## What you are asked to do
Some lines in the listing hold the word "given". Return each of them.

(Material for this task begins)

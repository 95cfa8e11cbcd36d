//! Readers and writers that fail.
use std::alloc::Global;
use std::io;
use std::io::{ErrorKind, Read, Write};
use toll_wire::{ReadFault, read_request};

/// Gives these bytes, at most this many with each read, and then ends. Once before that it fails.
#[derive(Drop)]
pub struct Source<'b> {
    pub bytes: &'b [u8],
    pub piece: usize,
    pub fails: bool,
}

impl Read for Source<'_> {
    fn read(&mut self, buf: &mut [u8]) -> io::Result<usize> {
        if self.bytes.is_empty() && self.fails {
            self.fails = false;
            return Err(io::Error::from(ErrorKind::ConnectionReset));
        }
        let n = self.bytes.len().min(buf.len()).min(self.piece);
        let (given, rest) = self.bytes.split_at(n);
        buf[..n].copy_from_slice(given);
        self.bytes = rest;
        Ok(n)
    }
}

/// Reads a request from a stream that gives these bytes in pieces, and then fails or ends.
pub fn read_pieces(
    alloc: Global,
    bytes: &[u8],
    piece: usize,
    fails: bool,
) -> Result<Vec<u8>, ReadFault> {
    let mut source = Source {
        bytes,
        piece,
        fails,
    };
    read_request(alloc, &mut source)
}

/// Takes so many bytes, so many at most with each write, then fails once, and takes the rest.
#[derive(Drop)]
pub struct Sink {
    pub taken: Vec<u8>,
    pub piece: usize,
    pub room: usize,
}

impl Write for Sink {
    fn write(&mut self, buf: &[u8]) -> io::Result<usize> {
        if self.room == 0 {
            self.room = usize::MAX;
            return Err(io::Error::from(ErrorKind::BrokenPipe));
        }
        let n = buf.len().min(self.piece).min(self.room);
        self.taken.extend_from_slice(&buf[..n])?;
        self.room -= n;
        Ok(n)
    }

    fn flush(&mut self) -> io::Result<()> {
        Ok(())
    }
}
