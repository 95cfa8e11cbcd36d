//! How stories begin.

/// ACME and BOLT, a unit, and a recipe of ACME's that consumes `M` and produces `P`.
pub const WITH_RECIPE: &str = r#"
owner-add ACME ACMEKEY1
owner-add BOLT BOLTKEY1
unit-add U1
material-add ACME M kg
material-add ACME P kg
recipe-add ACME R 2
require ACME R 1 consumed ACME M 100
require ACME R 1 produced ACME P 90
"#;

/// A batch of `O` consumes 40 of `A` and produces 50 of `P1`, of which 20 are scrapped.
pub const CONSUMED_AND_PRODUCED: &str = r#"
actual K2 ACME O 1 1 consumed M ACME A S1 40 11
actual K3 ACME O 1 1 produced P ACME P1 S1 50 11
scrap ACME K4 P1 S1 20 12
"#;

/// ACME with two lots of `M`, HOUSE with a released one of `W`, and a recipe of two segments that
/// consumes of each.
pub const WITH_HOUSE: &str = r#"
owner-add ACME ACMEKEY1
unit-add U1
material-add ACME M kg
material-add ACME P kg
material-add HOUSE W kg
recipe-add ACME R 2
require ACME R 1 consumed ACME M 10
require ACME R 1 consumed HOUSE W 10
require ACME R 1 produced ACME P 10
require ACME R 2 consumed ACME M 10
receive ACME K1 M A S 10 1
receive ACME K2 M B S 10 1
receive HOUSE K1 W H-1 S 10 1
release H-1
"#;

/// A batch of `O` by that recipe, which has consumed `A`.
pub const A_CONSUMED: &str = r#"
open ACME O U1
do ACME O 1 start
actual K3 ACME O 1 1 consumed M ACME A S 10 2
"#;

/// It consumes HOUSE's `H-1` and produces `P1` in segment 1, and consumes `B` in segment 2.
pub const P1_PRODUCED: &str = r#"
actual K4 ACME O 1 1 consumed W HOUSE H-1 S 10 2
actual K5 ACME O 1 1 produced P ACME P1 S 10 2
actual K6 ACME O 1 2 consumed M ACME B S 10 3
"#;

/// A file of three actuals, of which the last one repeats the first.
pub const REPEATED_FILE: &str =
    "key,owner,order,batch,segment,use,material,lot_owner,lot,sublot,amount,day
K2,ACME,O,1,1,consumed,M,ACME,A,S1,40,11
K3,ACME,O,1,1,produced,P,ACME,P1,S1,30,11
K2,ACME,O,1,1,consumed,M,ACME,A,S1,40,11
";

/// 100 of `M` in a released lot, and a batch by the recipe that runs.
pub const WITH_BATCH: &str = r#"
receive ACME K1 M A S1 100 10
> ACME ACMEKEY1 POST /orders {"order":"O","recipe":"R","batches":1}
= 200 {"batches":1,"order":"O","recipe":"R","status":"open"}
> ACME ACMEKEY1 POST /lots/A/release
= 200 {"disposition":"released","lot":"A","material":"M","measure":"kg","origin":"receipts","results":[],"sublots":[{"amount":100,"sublot":"S1"}]}
open ACME O U1
do ACME O 1 start
"#;

/// ACME with a recipe of two segments.
pub const WITH_ACME: &str = r#"
owner-add ACME ACMEKEY1
recipe-add ACME R-1 2
"#;

/// An order of ACME's by that recipe.
pub const WITH_ORDER: &str = r#"
> ACME ACMEKEY1 POST /orders {"order":"O-1","recipe":"R-1","batches":2}
= 200 {"batches":2,"order":"O-1","recipe":"R-1","status":"open"}
"#;

/// ACME's two lots of `M` are released, and `O` is placed.
pub const RELEASED_AND_PLACED: &str = r#"
> ACME ACMEKEY1 POST /lots/A/release
= 200 {"disposition":"released","lot":"A","material":"M","measure":"kg","origin":"receipts","results":[],"sublots":[{"amount":10,"sublot":"S"}]}
> ACME ACMEKEY1 POST /lots/B/release
= 200 {"disposition":"released","lot":"B","material":"M","measure":"kg","origin":"receipts","results":[],"sublots":[{"amount":10,"sublot":"S"}]}
> ACME ACMEKEY1 POST /orders {"order":"O","recipe":"R","batches":1}
= 200 {"batches":1,"order":"O","recipe":"R","status":"open"}
"#;

/// HOUSE makes `V` of `W`, of which it has a released lot, and ACME makes `P` of `V`.
pub const WITH_RECIPE_OF_HOUSE: &str = r#"
owner-add ACME ACMEKEY1
unit-add U1
unit-add U2
material-add HOUSE W kg
material-add HOUSE V kg
material-add ACME P kg
recipe-add HOUSE HR 1
require HOUSE HR 1 consumed HOUSE W 10
require HOUSE HR 1 produced HOUSE V 10
recipe-add ACME R 1
require ACME R 1 consumed HOUSE V 4
require ACME R 1 produced ACME P 5
receive HOUSE K1 W H-1 S 10 1
release H-1
"#;

/// A batch of HOUSE has made a lot of it, and ACME has an order that no batch was opened for.
pub const WITH_PRODUCT_OF_HOUSE: &str = r#"
order HO HR 1
open HOUSE HO U1
do HOUSE HO 1 start
actual K2 HOUSE HO 1 1 consumed W HOUSE H-1 S 10 2
actual K3 HOUSE HO 1 1 produced V HOUSE H-2 S 10 2
release H-2
> ACME ACMEKEY1 POST /orders {"order":"O","recipe":"R","batches":1}
= 200 {"batches":1,"order":"O","recipe":"R","status":"open"}
"#;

(Material for this task ends)

## Answer below
        let (given, rest) = self.bytes.split_at(n);
        buf[..n].copy_from_slice(given);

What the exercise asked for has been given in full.